● Work instruction:
Exactly reproduce the lines from the top of the entries below through the line containing "variable fits its type (5.6.1).", with both ends included.

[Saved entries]
//! The rules of validation (section 5 of the Specification).

ghost use Rattle.std.specs.Prelude.{◌≡◌};
ghost use Rattle.juniper_explain.specs.Explanations.{rule_text};

/// A rule of validation, in the order in which errors are listed at a definition: ten on names, eight on types, and four on
/// uses.
#[derive(Clone, Copy, Debug, Eq, PartialEq)]
pub enum Rule {
    /// No two operations have one name (5.2.1.1).
    UniqueOperationNames,
    /// An operation without name is the only one (5.2.2.1).
    LoneAnonymousOperation,
    /// No two fragments have one name (5.5.1.1).
    UniqueFragmentNames,
    /// Each fragment that is spread is defined (5.5.2.1).
    KnownFragmentNames,
    /// No fragment's spreads lead to it (5.5.2.2).
    NoFragmentCycles,
    /// No two variables of an operation have one name (5.8.1).
    UniqueVariableNames,
    /// No two arguments of a field or directive have one name (5.4.2).
    UniqueArgumentNames,
    /// No two fields of an object value have one name (5.6.3).
    UniqueInputFieldNames,
    /// Each directive is one that every schema has (5.7.1).
    KnownDirectives,
    /// The types of conditions and variables are declared (2.11, 5.5.1.2).
    KnownTypeNames,
    /// Type conditions are objects, interfaces or unions (5.5.1.3).
    FragmentsOnCompositeTypes,
    /// Variables are of scalars, enums and input objects (5.8.2).
    VariablesAreInputTypes,
    /// Each field is one of its parent type (5.3.1).
    FieldsOnCorrectType,
    /// A selection set stands on composite types, and on these alone (5.3.3).
    ScalarLeafs,
    /// Each argument is declared (5.4.1).
    KnownArgumentNames,
    /// Each non-null argument without a default is given (5.4.2.1).
    ProvidedNonNullArguments,
    /// Each argument's value fits its type (5.6.1).
    ArgumentsOfCorrectType,
    /// The default of a variable fits its type (5.6.1).
    DefaultValuesOfCorrectType,
    /// Each variable that an operation uses is one that it defines (5.8.3).
    NoUndefinedVariables,
    /// Each variable may stand where it does (5.8.5).
    VariablesInAllowedPosition,
    /// The fields of a selection set can be merged (5.3.2).
    OverlappingFieldsCanBeMerged,
    /// Where introspection is disabled, nothing asks for it; this rule is this project's own.
    DisableIntrospection,
}

impl Rule {
    /// The text of the error that [`validate`](juniper_rules::validate) lists at a definition that violates the rule.
    #[tactic(auto, unfolding(crate::specs::Explanations::rule_text))]
    pub fn message(self) -> &'static str
        ensures { result.now ≡ rule_text self }
    {
        match self {
            Rule::UniqueOperationNames => "Operation name is not unique",
            Rule::LoneAnonymousOperation => "Anonymous operation is not alone",
            Rule::UniqueFragmentNames => "Fragment name is not unique",
            Rule::KnownFragmentNames => "Unknown fragment",
            Rule::NoFragmentCycles => "Fragment spreads itself",
            Rule::UniqueVariableNames => "Variable name is not unique",
            Rule::UniqueArgumentNames => "Argument name is not unique",
            Rule::UniqueInputFieldNames => "Input field name is not unique",
            Rule::KnownDirectives => "Unknown directive",
            Rule::KnownTypeNames => "Unknown type",
            Rule::FragmentsOnCompositeTypes => "Fragment on a type without fields",
            Rule::VariablesAreInputTypes => "Variable is not of an input type",
            Rule::FieldsOnCorrectType => "Unknown field",
            Rule::ScalarLeafs => "Selection set does not fit the field",
            Rule::KnownArgumentNames => "Unknown argument",
            Rule::ProvidedNonNullArguments => "Argument is missing",
            Rule::ArgumentsOfCorrectType => "Argument does not fit its type",
            Rule::DefaultValuesOfCorrectType => "Default value does not fit its type",
            Rule::NoUndefinedVariables => "Variable is not defined",
            Rule::VariablesInAllowedPosition => "Variable may not stand here",
            Rule::OverlappingFieldsCanBeMerged => "Fields cannot be merged",
            Rule::DisableIntrospection => "Introspection is disabled",
        }
    }
}
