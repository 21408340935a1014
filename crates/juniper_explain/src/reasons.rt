//! Why a given value does not fit the type of its variable, part by part (CoerceVariableValues, section 6.1.2 of the
//! Specification).

ghost use Rattle.std.specs.Prelude.{◌≡◌, ◌++◌, OnOk};
ghost use Rattle.juniper_meta.specs.MetaView.{view_type};
ghost use Rattle.juniper_schema.specs.SchemaView.{view_schema};
ghost use Rattle.juniper_syntax.specs.InputView.{view_fields, view_input, view_items};
ghost use Rattle.juniper_explain.specs.Reasons.{reasons_in_fields, reasons_in_items, value_reasons};
ghost use Rattle.juniper_explain.specs.ReasonsView.{place_text, view_messages};

use crate::value_parts::{
    ValuePlace, add_missing, add_repeated, add_undeclared, add_unfit, add_wrong_size, is_list,
    takes_fields,
};
use juniper_meta::find_argument;
use juniper_schema::SchemaType;
use juniper_syntax::{InputField, InputValue, ScalarValue, Span, Spanning, Type};
use juniper_type_rules::{input_fields, item_type};
use std::alloc::{AllocError, Global};

/// Adds why a value does not fit a type: nothing where it does. Of a list at a list type, and of an object at an input object,
/// it is what is wrong with the parts. An error where memory is refused.
#[cycle(reasoning)]
pub(crate) fn explain_value<S: ScalarValue>(
    alloc: Global,
    schema: &SchemaType<S>,
    value: &InputValue<S>,
    expected: &Type<String>,
    place: &ValuePlace<'_>,
    messages: &mut Vec<String>,
) -> Result<(), AllocError>
    ensures { OnOk result (view_messages messages.new.items ≡ view_messages messages.old.items
        ++ value_reasons (view_schema S.shown schema.now) (view_input S.shown value.now) (view_type expected.now) (place_text place.now)) }
{
    if schema.fits(value, expected, true) {
        return Ok(());
    }
    let text = place.path(alloc)?;
    let path = text.as_str();
    match value {
        InputValue::Null => add_unfit(alloc, schema, value, expected, path, messages),
        InputValue::Scalar(_) => add_unfit(alloc, schema, value, expected, path, messages),
        InputValue::Enum(_) => add_unfit(alloc, schema, value, expected, path, messages),
        InputValue::Variable(_) => add_unfit(alloc, schema, value, expected, path, messages),
        InputValue::List(items) => {
            if !is_list(expected) {
                return add_unfit(alloc, schema, value, expected, path, messages);
            }
            let parts = items.as_slice();
            add_wrong_size(alloc, parts.len(), expected, path, messages)?;
            explain_items(alloc, schema, parts, item_type(expected), path, messages)?;
            Ok(())
        }
        InputValue::Object(fields) => {
            if !takes_fields(schema, expected) {
                return add_unfit(alloc, schema, value, expected, path, messages);
            }
            let inside = fields.as_slice();
            add_repeated(alloc, schema, inside, expected, path, messages)?;
            explain_fields(alloc, schema, inside, expected, path, messages)?;
            add_missing(alloc, schema, inside, expected, path, messages)?;
            Ok(())
        }
    }
}

/// Adds why the items of a list, which stands at a path, do not fit a type.
#[cycle(reasoning)]
fn explain_items<S: ScalarValue>(
    alloc: Global,
    schema: &SchemaType<S>,
    items: &[Spanning<InputValue<S>, Span>],
    expected: &Type<String>,
    path: &str,
    messages: &mut Vec<String>,
) -> Result<(), AllocError>
    ensures { OnOk result (view_messages messages.new.items ≡ view_messages messages.old.items
        ++ reasons_in_items (view_schema S.shown schema.now) (view_items S.shown items.now) (view_type expected.now) path.now 0) }
{
    for index in 0..items.len() {
        let place = ValuePlace::Item(path, index);
        explain_value(
            alloc,
            schema,
            &items[index].item,
            expected,
            &place,
            messages,
        )?;
    }
    Ok(())
}

/// Adds why the fields of an object, which stands at a path, are none of an input object, or do not fit.
#[cycle(reasoning)]
fn explain_fields<S: ScalarValue>(
    alloc: Global,
    schema: &SchemaType<S>,
    fields: &[InputField<S>],
    expected: &Type<String>,
    path: &str,
    messages: &mut Vec<String>,
) -> Result<(), AllocError>
    ensures { OnOk result (view_messages messages.new.items ≡ view_messages messages.old.items
        ++ reasons_in_fields (view_schema S.shown schema.now) (view_fields S.shown fields.now) (view_type expected.now) path.now) }
{
    for field in fields {
        let name = field.0.item.as_str();
        match find_argument(input_fields(schema, expected), name) {
            Some(declared) => {
                let place = ValuePlace::Field(path, name);
                explain_value(
                    alloc,
                    schema,
                    &field.1.item,
                    &declared.arg_type,
                    &place,
                    messages,
                )?;
            }
            None => add_undeclared(alloc, schema, name, expected, path, messages)?,
        }
    }
    Ok(())
}
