//! Input values by their texts, and what turns with answers that can be shown come to.

use crate::turns::Turn;
use juniper_language::{
    DefaultScalarValue, Definition, Field, InputValue, Selection, parse_document_source,
};
use std::alloc::{AllocError, Global};
use std::fmt::Debug;

/// The scalars.
pub type Scalar = DefaultScalarValue;

/// The input values.
pub type Input = InputValue<Scalar>;

/// How a turn ended whose call had this outcome: its answer is shown as the text that is expected, or memory was wanting.
pub fn ending<A: Debug + Drop>(
    alloc: Global,
    outcome: Result<A, AllocError>,
    expected: &str,
) -> Turn {
    match outcome {
        Ok(answer) if is_shown(alloc, &answer, expected) => Turn::Answered,
        Ok(_) => Turn::Wrong,
        Err(_) => Turn::Refused,
    }
}

/// Whether an answer is shown as this text.
fn is_shown<A: Debug>(alloc: Global, answer: &A, expected: &str) -> bool {
    match format!(in alloc; "{answer:?}") {
        Ok(text) => text.as_str() == expected,
        Err(_) => false,
    }
}

/// The first field of a text that is a document. The document is never let go, since a test ends soon.
///
/// # Errors
/// That memory is wanting, or that there is none.
pub fn read_field<'d>(alloc: Global, text: &'d str) -> Result<&'d Field<'d, Scalar>, AllocError> {
    match parse_document_source::<Scalar>(alloc, text) {
        Ok(document) => first_field(document.leak()).ok_or(AllocError),
        Err(_) => Err(AllocError),
    }
}

/// The first field of the first definition, an operation.
fn first_field<'d>(definitions: &'d [Definition<'d, Scalar>]) -> Option<&'d Field<'d, Scalar>> {
    match definitions.first() {
        Some(Definition::Operation(operation)) => match operation.item.selection_set.first() {
            Some(Selection::Field(field)) => Some(&field.item),
            _ => None,
        },
        _ => None,
    }
}

/// The input value of a text that is one. Its document is never let go.
///
/// # Errors
/// That memory is wanting, or that there is none.
pub fn read_input<'d>(alloc: Global, text: &str) -> Result<&'d Input, AllocError> {
    let request = format!(in alloc; "{{ f(v: {text}) }}")?;
    let request: &'d String = Box::leak(Box::new(alloc, request)?);
    let field = read_field(alloc, request.as_str())?;
    first_argument(field).ok_or(AllocError)
}

/// The first argument of a field.
fn first_argument<'d>(field: &'d Field<'d, Scalar>) -> Option<&'d Input> {
    let arguments = field.arguments.as_ref()?;
    let (_, value) = arguments.item.items.first()?;
    Some(&value.item)
}
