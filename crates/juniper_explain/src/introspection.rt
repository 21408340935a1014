//! Introspection, where it is disabled (section 4.2 of the Specification). The rule is this project's own.

ghost use Rattle.std.specs.Prelude.{OnOk};
ghost use Rattle.std.specs.List.{flat_map};
ghost use Rattle.juniper_syntax.specs.DocumentView.{view_field};
ghost use Rattle.juniper_written.specs.WrittenView.{view_fields, view_written};
ghost use Rattle.juniper_explain.specs.Adding.{Adds};
ghost use Rattle.juniper_explain.specs.Nodes.{introspection_field, where_found};

use crate::explanation::{Explanation, Wording, add_named};
use crate::rule::Rule;
use juniper_syntax::{Field, ScalarValue, Span, Spanning};
use juniper_type_rules::is_introspection;
use juniper_written::Written;
use std::alloc::{AllocError, Global};

/// What is said of a field.
const INTROSPECTION: Wording<'static> = Wording {
    rule: Rule::DisableIntrospection,
    before: "Introspection is disabled, and with it `",
    after: "`",
};

/// Explains the fields `__schema` and `__type` that are written in a definition, where these may not stand.
#[tactic(auto, unfolding(crate::specs::Nodes::where_found))]
pub(crate) fn explain_introspection<'d, 'a, S: ScalarValue>(
    alloc: Global,
    written: &Written<'d, 'a, S>,
    is_violated: bool,
    explanations: &mut Vec<Explanation>,
) -> Result<(), AllocError>
    ensures { OnOk result (Adds explanations.old.items explanations.new.items
        (where_found is_violated (flat_map introspection_field (view_written S.shown written.now).fields))) }
{
    if is_violated {
        explain_fields(alloc, &written.fields, explanations)
    } else {
        Ok(())
    }
}

/// Explains those of the fields.
fn explain_fields<'d, 'a, S: ScalarValue>(
    alloc: Global,
    fields: &Vec<&'d Spanning<Field<'a, S>, Span>>,
    explanations: &mut Vec<Explanation>,
) -> Result<(), AllocError>
    ensures { OnOk result (Adds explanations.old.items explanations.new.items (flat_map introspection_field (view_fields S.shown fields.now.items))) }
{
    for index in 0..fields.len() {
        let field = fields[index];
        explain_field(alloc, field, explanations)?;
    }
    Ok(())
}

/// Explains a field, where it is one of these.
#[tactic(auto, unfolding(crate::specs::Nodes::introspection_field))]
fn explain_field<'a, S: ScalarValue>(
    alloc: Global,
    field: &Spanning<Field<'a, S>, Span>,
    explanations: &mut Vec<Explanation>,
) -> Result<(), AllocError>
    ensures { OnOk result (Adds explanations.old.items explanations.new.items (introspection_field (view_field S.shown field.now))) }
{
    let word = field.item.name;
    let is_introspection = is_introspection(word.item);
    add_named(alloc, explanations, is_introspection, &word, &INTROSPECTION)
}
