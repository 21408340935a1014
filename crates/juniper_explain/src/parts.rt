//! An operation, and the fragments that it reaches (section 5.8.3 of the Specification).

ghost use Rattle.std.specs.Prelude.{◌≡◌, ◌++◌, IfOk, OnOk, map};
ghost use Rattle.graphql_spec.specs.Documents as documents;
ghost use Rattle.graphql_spec.specs.Schema.{Schema};
ghost use Rattle.graphql_spec.specs.VariableUses.{parts};
ghost use Rattle.juniper_rules.specs.Listing.{definition_of, placed_listing_of, view_listed_on_types};
ghost use Rattle.juniper_written.specs.WrittenView.{has_name};
ghost use Rattle.juniper_explain.specs.Adding.{WherePlaced};
ghost use Rattle.juniper_explain.specs.Parts.{view_each, where_reached};

use juniper_rules::ListedOnTypes;
use juniper_syntax::{Definition, ScalarValue};
use juniper_written::{FragmentsByName, NameSet};
use std::alloc::{AllocError, Global};

/// What is listed of an operation, of which this is listed, and of the fragments that it reaches in a document with these
/// fragments, in the order of the document. An error where memory is refused.
pub(crate) fn parts_of<'p, 'l, 'd, 'a, S: ScalarValue>(
    alloc: Global,
    document: &'p [ListedOnTypes<'l, 'd, 'a, S>],
    fragments: &FragmentsByName<'d, 'a, S>,
    operation: &'p ListedOnTypes<'l, 'd, 'a, S>,
) -> Result<Vec<&'p ListedOnTypes<'l, 'd, 'a, S>>, AllocError>
    ensures { IfOk result (λ ps. (s : Schema) (d : documents.Document) (o : documents.Operation) →
        WherePlaced S.shown s document.now fragments.now operation.now d (λ x. x ≡ documents.operation o →
        view_each S.shown ps.items ≡ map (placed_listing_of s) (parts d o))) }
{
    let listed = operation.listed;
    let reached = fragments.reached(alloc, &listed.written.spreads)?;
    let mut parts = Vec::new(alloc);
    parts.push(operation)?;
    for part in document {
        push_reached(part, &reached, &mut parts)?;
    }
    Ok(parts)
}

/// Adds a fragment whose name is among these.
fn push_reached<'p, 'l, 'd, 'a, S: ScalarValue>(
    part: &'p ListedOnTypes<'l, 'd, 'a, S>,
    names: &NameSet<'a>,
    parts: &mut Vec<&'p ListedOnTypes<'l, 'd, 'a, S>>,
) -> Result<(), AllocError>
    ensures { OnOk result (view_each S.shown parts.new.items ≡ view_each S.shown parts.old.items
        ++ where_reached (has_name names.now) (definition_of S.shown part.now.listed.now) (view_listed_on_types S.shown part.now)) }
{
    let listed = part.listed;
    match listed.definition {
        Definition::Operation(_) => Ok(()),
        Definition::Fragment(fragment) => {
            if names.contains(fragment.item.name.item) {
                parts.push(part)?;
            }
            Ok(())
        }
    }
}
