//! Fields and directives with their arguments, and with what these should meet (section 5.4 of the Specification).

ghost use Rattle.std.specs.Prelude.{◌≡◌, ◌++◌, IfOk, OnOk, Some, map};
ghost use Rattle.std.specs.List.{flat_map};
ghost use Rattle.graphql_spec.specs.Placed.{directive_named};
ghost use Rattle.juniper_type_rules.specs.PlacedView.{view_parts, view_placed};
ghost use Rattle.juniper_syntax.specs.DocumentView.{view_directive};
ghost use Rattle.juniper_written.specs.WrittenView.{view_directives_at};
ghost use Rattle.juniper_explain.specs.Sites.{directive_site, field_site};
ghost use Rattle.juniper_explain.specs.SitesView.{owner_text, view_sites};

use juniper_meta::meta::Argument;
use juniper_schema::SchemaType;
use juniper_syntax::ast::Arguments;
use juniper_syntax::{Directive, ScalarValue, SourcePosition, Span, Spanning};
use juniper_type_rules::{Placed, PlacedParts};
use std::alloc::{AllocError, Global};
use std::fmt;

/// What is given arguments.
#[derive(Clone, Copy)]
pub(crate) enum Owner<'d> {
    /// The field of a type of this name, with its own.
    Field(&'d str, &'d str),
    /// The directive of a name.
    Directive(&'d str),
}

/// As it is called: `Query.hero` or `@skip`.
impl<'d> fmt::Display for Owner<'d> {
    ghost output = { λ o. Some (owner_text o) };

    fn fmt<W: fmt::Write>(&self, f: &mut fmt::Formatter<W>) -> fmt::Result {
        match self {
            Owner::Field(parent, name) => write!(f, "{parent}.{name}"),
            Owner::Directive(name) => write!(f, "@{name}"),
        }
    }
}

/// A field or directive with its arguments, and with those that are declared.
#[derive(Drop)]
pub(crate) struct Site<'d, 'a, S: ScalarValue> {
    /// What is given arguments.
    pub owner: Owner<'d>,
    /// Where it starts.
    pub location: SourcePosition,
    /// What is declared.
    pub declared: &'d [Argument<S>],
    /// What is given.
    pub given: &'d Option<Spanning<Arguments<'a, S>, Span>>,
}

/// The known fields of what is placed, then its known directives. An error where memory is refused.
pub(crate) fn sites<'d, 'a, S: ScalarValue>(
    alloc: Global,
    schema: &'d SchemaType<S>,
    parts: &PlacedParts<'d, 'a, S>,
) -> Result<Vec<Site<'d, 'a, S>>, AllocError>
    ensures { IfOk result (λ is. view_sites S.shown is.items ≡ flat_map (λ p. field_site p p.declared) (view_parts S.shown parts.now).fields
        ++ flat_map (λ y. directive_site y (directive_named y.name.item)) (view_parts S.shown parts.now).directives) }
{
    let mut sites = Vec::new(alloc);
    add_fields(&parts.fields, &mut sites)?;
    add_directives(schema, &parts.directives, &mut sites)?;
    Ok(sites)
}

/// Adds the known fields.
fn add_fields<'d, 'a, S: ScalarValue>(
    fields: &Vec<Placed<'d, 'a, S>>,
    sites: &mut Vec<Site<'d, 'a, S>>,
) -> Result<(), AllocError>
    ensures { OnOk result (view_sites S.shown sites.new.items ≡ view_sites S.shown sites.old.items
        ++ flat_map (λ p. field_site p p.declared) (map (view_placed S.shown) fields.now.items)) }
{
    for placed in fields {
        add_field(placed, sites)?;
    }
    Ok(())
}

/// Adds a field that its parent type has.
#[tactic(auto, unfolding(crate::specs::Sites::field_site))]
fn add_field<'d, 'a, S: ScalarValue>(
    placed: &Placed<'d, 'a, S>,
    sites: &mut Vec<Site<'d, 'a, S>>,
) -> Result<(), AllocError>
    ensures { OnOk result (view_sites S.shown sites.new.items ≡ view_sites S.shown sites.old.items
        ++ field_site (view_placed S.shown placed.now) (view_placed S.shown placed.now).declared) }
{
    let field = placed.field;
    match placed.declared {
        Some(found) => {
            sites.push(Site {
                owner: Owner::Field(placed.parent, field.item.name.item),
                location: field.span.start,
                declared: found.declared_arguments(),
                given: &field.item.arguments,
            })?;
            Ok(())
        }
        None => Ok(()),
    }
}

/// Adds the known directives.
fn add_directives<'d, 'a, S: ScalarValue>(
    schema: &'d SchemaType<S>,
    directives: &Vec<&'d Spanning<Directive<'a, S>, Span>>,
    sites: &mut Vec<Site<'d, 'a, S>>,
) -> Result<(), AllocError>
    ensures { OnOk result (view_sites S.shown sites.new.items ≡ view_sites S.shown sites.old.items
        ++ flat_map (λ y. directive_site y (directive_named y.name.item)) (view_directives_at S.shown directives.now.items)) }
{
    for index in 0..directives.len() {
        let directive = directives[index];
        add_directive(schema, directive, sites)?;
    }
    Ok(())
}

/// Adds a directive that every schema has.
#[tactic(auto, unfolding(crate::specs::Sites::directive_site))]
fn add_directive<'d, 'a, S: ScalarValue>(
    schema: &'d SchemaType<S>,
    directive: &'d Spanning<Directive<'a, S>, Span>,
    sites: &mut Vec<Site<'d, 'a, S>>,
) -> Result<(), AllocError>
    ensures { OnOk result (view_sites S.shown sites.new.items ≡ view_sites S.shown sites.old.items
        ++ directive_site (view_directive S.shown directive.now) (directive_named (view_directive S.shown directive.now).name.item)) }
{
    let name = directive.item.name.item;
    match schema.directive_by_name(name) {
        Some(found) => {
            sites.push(Site {
                owner: Owner::Directive(name),
                location: directive.span.start,
                declared: found.arguments.as_slice(),
                given: &directive.item.arguments,
            })?;
            Ok(())
        }
        None => Ok(()),
    }
}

● Answer to this exercise:
//! The rules of validation (section 5 of the Specification).

ghost use Rattle.std.specs.Prelude.{◌≡◌};
ghost use Rattle.juniper_explain.specs.Explanations.{rule_text};

/// A rule of validation, in the order in which errors are listed at a definition: ten on names, eight on types, and four on
/// uses.
#[derive(Clone, Copy, Debug, Eq, PartialEq)]
pub enum Rule {
    /// No two operations have one name (5.2.1.1).
    UniqueOperationNames,
    /// An operation without name is the only one (5.2.2.1).
    LoneAnonymousOperation,
    /// No two fragments have one name (5.5.1.1).
    UniqueFragmentNames,
    /// Each fragment that is spread is defined (5.5.2.1).
    KnownFragmentNames,
    /// No fragment's spreads lead to it (5.5.2.2).
    NoFragmentCycles,
    /// No two variables of an operation have one name (5.8.1).
    UniqueVariableNames,
    /// No two arguments of a field or directive have one name (5.4.2).
    UniqueArgumentNames,
    /// No two fields of an object value have one name (5.6.3).
    UniqueInputFieldNames,
    /// Each directive is one that every schema has (5.7.1).
    KnownDirectives,
    /// The types of conditions and variables are declared (2.11, 5.5.1.2).
    KnownTypeNames,
    /// Type conditions are objects, interfaces or unions (5.5.1.3).
    FragmentsOnCompositeTypes,
    /// Variables are of scalars, enums and input objects (5.8.2).
    VariablesAreInputTypes,
    /// Each field is one of its parent type (5.3.1).
    FieldsOnCorrectType,
    /// A selection set stands on composite types, and on these alone (5.3.3).
    ScalarLeafs,
    /// Each argument is declared (5.4.1).
    KnownArgumentNames,
    /// Each non-null argument without a default is given (5.4.2.1).
    ProvidedNonNullArguments,
    /// Each argument's value fits its type (5.6.1).
    ArgumentsOfCorrectType,
    /// The default of a variable fits its type (5.6.1).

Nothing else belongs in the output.